ACTIVITY:
Return a word-for-word copy of the complete listing below.

ENTRIES SUPPLIED:
//! The machine that cuts a text into tokens as its characters come.

ghost use Rattle.std.specs.Prelude.{◌≡◌, IsTrue};
ghost use Rattle.gabc_text.specs.machine.TokenState.{settled_kind, wanted_char, step_in_raw, step_at_tag_end, first_step, next_step, kind_at_end, is_plain, IsLetterBetween};
ghost use Rattle.gabc_text.specs.machine.RawPart.{is_unmatched};

use crate::tag_name::TagPrefix;
use crate::token::{RawKind, TagEffect, TokenKind, is_special, single};

/// The state of the token machine.
#[derive(Clone, Copy)]
pub enum TokenState {
    /// Between tokens.
    Plain,
    /// After a `$`.
    Dollar,
    Comment,
    /// In a tag, with its name so far.
    Tag(TagPrefix),
    /// In a raw part, with the number of characters of its ending that were read.
    Raw { part: RawKind, matched: u8 },
    Translation,
}

/// The effect of a character: it belongs to a token that goes on, or it ends one.
#[derive(Clone, Copy)]
pub enum Step {
    Stays(TokenState),
    Ends { kind: TokenKind, effect: TagEffect },
}

/// Returns the token that ends before the character, if one does.
pub(crate) fn settled_kind(state: TokenState, c: char) -> Option<TokenKind>
    ensures { result ≡ settled_kind state c }
{
    match state {
        TokenState::Dollar => {
            if is_special(c) {
                None
            } else {
                Some(TokenKind::Letter)
            }
        }
        TokenState::Comment => {
            if c == '\n' {
                Some(TokenKind::Comment)
            } else {
                None
            }
        }
        _ => None,
    }
}

/// Returns the character of the ending of `raw` after `matched` of its characters.
pub(crate) fn wanted_char(raw: RawKind, matched: u8) -> char
    ensures { result ≡ wanted_char raw matched }
{
    match raw {
        RawKind::V => match matched {
            0 => '<',
            1 => '/',
            2 => 'v',
            _ => '>',
        },
        RawKind::Sp => match matched {
            0 => '<',
            1 => '/',
            2 => 's',
            3 => 'p',
            _ => '>',
        },
        RawKind::Alt => match matched {
            0 => '<',
            1 => '/',
            2 => 'a',
            3 => 'l',
            4 => 't',
            _ => '>',
        },
    }
}

/// Returns the step that ends a token that is no tag.
fn ends(kind: TokenKind) -> Step
    ensures { result ≡ Step.Ends kind TagEffect.Other }
{
    Step::Ends {
        kind,
        effect: TagEffect::Other,
    }
}

/// Returns the step with which the raw part goes on, with `matched` characters of its ending read.
fn stays_in_raw(part: RawKind, matched: u8) -> Step
    ensures { result ≡ Step.Stays (TokenState.Raw part matched) }
{
    Step::Stays(TokenState::Raw { part, matched })
}

/// Returns the effect of the character `c` in a raw part, after `matched` characters of its ending.
pub(crate) fn step_in_raw(part: RawKind, matched: u8, c: char) -> Step
    ensures { result ≡ step_in_raw part matched c }
{
    if c == wanted_char(part, matched) {
        if c == '>' {
            ends(TokenKind::Raw)
        } else if matched < 5 {
            stays_in_raw(part, matched + 1)
        } else {
            stays_in_raw(part, 0)
        }
    } else if c == '<' {
        stays_in_raw(part, 1)
    } else {
        stays_in_raw(part, 0)
    }
}

/// Returns the step at the `>` of a tag with the effect `effect`.
pub(crate) fn step_at_tag_end(effect: TagEffect) -> Step
    ensures { result ≡ step_at_tag_end effect }
{
    match effect {
        TagEffect::Begins(part) => stays_in_raw(part, 0),
        _ => Step::Ends {
            kind: TokenKind::Tag,
            effect,
        },
    }
}

/// Returns the effect of the character `c` between tokens.
pub(crate) fn first_step(c: char) -> Step
    ensures { result ≡ first_step c }
{
    match c {
        '$' => Step::Stays(TokenState::Dollar),
        '%' => Step::Stays(TokenState::Comment),
        '<' => Step::Stays(TokenState::Tag(TagPrefix::new())),
        '[' => Step::Stays(TokenState::Translation),
        _ => ends(single(c)),
    }
}

/// Returns `true` only for a character of ASCII that is a letter of the text between tokens: a
/// letter, a digit or most marks. There it is a token by itself, and it is kept.
pub(crate) fn is_plain_letter(c: char) -> bool
    ensures { IsTrue result → IsLetterBetween c }
{
    match c {
        '*'..=';' | '?'..='Z' | 'a'..='z' => true,
        _ => false,
    }
}

/// Returns the effect of the character `c` in `state`.
pub(crate) fn next_step(state: TokenState, c: char) -> Step
    ensures { result ≡ next_step state c }
{
    match state {
        TokenState::Plain => first_step(c),
        TokenState::Dollar => ends(TokenKind::Letter),
        TokenState::Comment => Step::Stays(TokenState::Comment),
        TokenState::Tag(name) => {
            if c == '>' {
                step_at_tag_end(name.effect())
            } else {
                Step::Stays(TokenState::Tag(name.with(c)))
            }
        }
        TokenState::Raw { part, matched } => step_in_raw(part, matched, c),
        TokenState::Translation => {
            if c == ']' {
                ends(TokenKind::Translation)
            } else {
                Step::Stays(TokenState::Translation)
            }
        }
    }
}

/// Returns the token that the end of the text ends, if any.
pub(crate) fn kind_at_end(state: TokenState) -> Option<TokenKind>
    ensures { result ≡ kind_at_end state }
{
    match state {
        TokenState::Plain => None,
        TokenState::Dollar => Some(TokenKind::Letter),
        TokenState::Comment => Some(TokenKind::Comment),
        TokenState::Tag(_) | TokenState::Raw { .. } => Some(TokenKind::OpenTag),
        TokenState::Translation => Some(TokenKind::OpenTranslation),
    }
}

/// Returns whether it is between tokens.
pub(crate) fn is_plain(state: TokenState) -> bool
    ensures { result ≡ is_plain state }
{
    match state {
        TokenState::Plain => true,
        _ => false,
    }
}

/// Returns whether it is in a raw part, with no character of its ending read.
pub(crate) fn is_unmatched(state: TokenState) -> bool
    ensures { result ≡ is_unmatched state }
{
    match state {
        TokenState::Raw { matched, .. } => matched == 0,
        _ => false,
    }
}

SOLUTION FOR THIS EXERCISE:
//! The machine that cuts a text into tokens as its characters come.

ghost use Rattle.std.specs.Prelude.{◌≡◌, IsTrue};
ghost use Rattle.gabc_text.specs.machine.TokenState.{settled_kind, wanted_char, step_in_raw, step_at_tag_end, first_step, next_step, kind_at_end, is_plain, IsLetterBetween};
ghost use Rattle.gabc_text.specs.machine.RawPart.{is_unmatched};

use crate::tag_name::TagPrefix;
use crate::token::{RawKind, TagEffect, TokenKind, is_special, single};

/// The state of the token machine.
#[derive(Clone, Copy)]
pub enum TokenState {
    /// Between tokens.
    Plain,
    /// After a `$`.
    Dollar,
    Comment,
    /// In a tag, with its name so far.
    Tag(TagPrefix),
    /// In a raw part, with the number of characters of its ending that were read.
    Raw { part: RawKind, matched: u8 },
    Translation,
}

/// The effect of a character: it belongs to a token that goes on, or it ends one.
#[derive(Clone, Copy)]
pub enum Step {
    Stays(TokenState),
    Ends { kind: TokenKind, effect: TagEffect },
}

/// Returns the token that ends before the character, if one does.
pub(crate) fn settled_kind(state: TokenState, c: char) -> Option<TokenKind>
    ensures { result ≡ settled_kind state c }
{
    match state {
        TokenState::Dollar => {
            if is_special(c) {
                None
            } else {
                Some(TokenKind::Letter)
            }
        }
        TokenState::Comment => {
            if c == '\n' {
                Some(TokenKind::Comment)
            } else {
                None
            }
        }
        _ => None,
    }
}

/// Returns the character of the ending of `raw` after `matched` of its characters.
pub(crate) fn wanted_char(raw: RawKind, matched: u8) -> char
    ensures { result ≡ wanted_char raw matched }
{
    match raw {
        RawKind::V => match matched {
            0 => '<',
            1 => '/',
            2 => 'v',
            _ => '>',
        },
        RawKind::Sp => match matched {
            0 => '<',
            1 => '/',
            2 => 's',
            3 => 'p',
            _ => '>',
        },
        RawKind::Alt => match matched {
            0 => '<',
            1 => '/',
            2 => 'a',
            3 => 'l',
            4 => 't',
            _ => '>',
        },
    }
}

/// Returns the step that ends a token that is no tag.
fn ends(kind: TokenKind) -> Step
    ensures { result ≡ Step.Ends kind TagEffect.Other }
{
    Step::Ends {
        kind,
        effect: TagEffect::Other,
    }
}

/// Returns the step with which the raw part goes on, with `matched` characters of its ending read.
fn stays_in_raw(part: RawKind, matched: u8) -> Step
    ensures { result ≡ Step.Stays (TokenState.Raw part matched) }
{
    Step::Stays(TokenState::Raw { part, matched })
}

/// Returns the effect of the character `c` in a raw part, after `matched` characters of its ending.
pub(crate) fn step_in_raw(part: RawKind, matched: u8, c: char) -> Step
    ensures { result ≡ step_in_raw part matched c }
{
    if c == wanted_char(part, matched) {
        if c == '>' {
            ends(TokenKind::Raw)
        } else if matched < 5 {
            stays_in_raw(part, matched + 1)
        } else {
            stays_in_raw(part, 0)
        }
    } else if c == '<' {
        stays_in_raw(part, 1)
    } else {
        stays_in_raw(part, 0)
    }
}

/// Returns the step at the `>` of a tag with the effect `effect`.
pub(crate) fn step_at_tag_end(effect: TagEffect) -> Step
    ensures { result ≡ step_at_tag_end effect }
{
    match effect {
        TagEffect::Begins(part) => stays_in_raw(part, 0),
        _ => Step::Ends {
            kind: TokenKind::Tag,
            effect,
        },
    }
}

/// Returns the effect of the character `c` between tokens.
pub(crate) fn first_step(c: char) -> Step
    ensures { result ≡ first_step c }
{
    match c {
        '$' => Step::Stays(TokenState::Dollar),
        '%' => Step::Stays(TokenState::Comment),
        '<' => Step::Stays(TokenState::Tag(TagPrefix::new())),
        '[' => Step::Stays(TokenState::Translation),
        _ => ends(single(c)),
    }
}

/// Returns `true` only for a character of ASCII that is a letter of the text between tokens: a
/// letter, a digit or most marks. There it is a token by itself, and it is kept.
pub(crate) fn is_plain_letter(c: char) -> bool
    ensures { IsTrue result → IsLetterBetween c }
{
    match c {
        '*'..=';' | '?'..='Z' | 'a'..='z' => true,
        _ => false,
    }
}

/// Returns the effect of the character `c` in `state`.
pub(crate) fn next_step(state: TokenState, c: char) -> Step
    ensures { result ≡ next_step state c }
{
    match state {
        TokenState::Plain => first_step(c),
        TokenState::Dollar => ends(TokenKind::Letter),
        TokenState::Comment => Step::Stays(TokenState::Comment),
        TokenState::Tag(name) => {
            if c == '>' {
                step_at_tag_end(name.effect())
            } else {
                Step::Stays(TokenState::Tag(name.with(c)))
            }
        }
        TokenState::Raw { part, matched } => step_in_raw(part, matched, c),
        TokenState::Translation => {
            if c == ']' {
                ends(TokenKind::Translation)
            } else {
                Step::Stays(TokenState::Translation)
            }
        }
    }
}

/// Returns the token that the end of the text ends, if any.
pub(crate) fn kind_at_end(state: TokenState) -> Option<TokenKind>
    ensures { result ≡ kind_at_end state }
{
    match state {
        TokenState::Plain => None,
        TokenState::Dollar => Some(TokenKind::Letter),
        TokenState::Comment => Some(TokenKind::Comment),
        TokenState::Tag(_) | TokenState::Raw { .. } => Some(TokenKind::OpenTag),
        TokenState::Translation => Some(TokenKind::OpenTranslation),
    }
}

/// Returns whether it is between tokens.
pub(crate) fn is_plain(state: TokenState) -> bool
    ensures { result ≡ is_plain state }
{
    match state {
        TokenState::Plain => true,
        _ => false,
    }
}

/// Returns whether it is in a raw part, with no character of its ending read.
pub(crate) fn is_unmatched(state: TokenState) -> bool
    ensures { result ≡ is_unmatched state }
{
    match state {
        TokenState::Raw { matched, .. } => matched == 0,
        _ => false,
    }
}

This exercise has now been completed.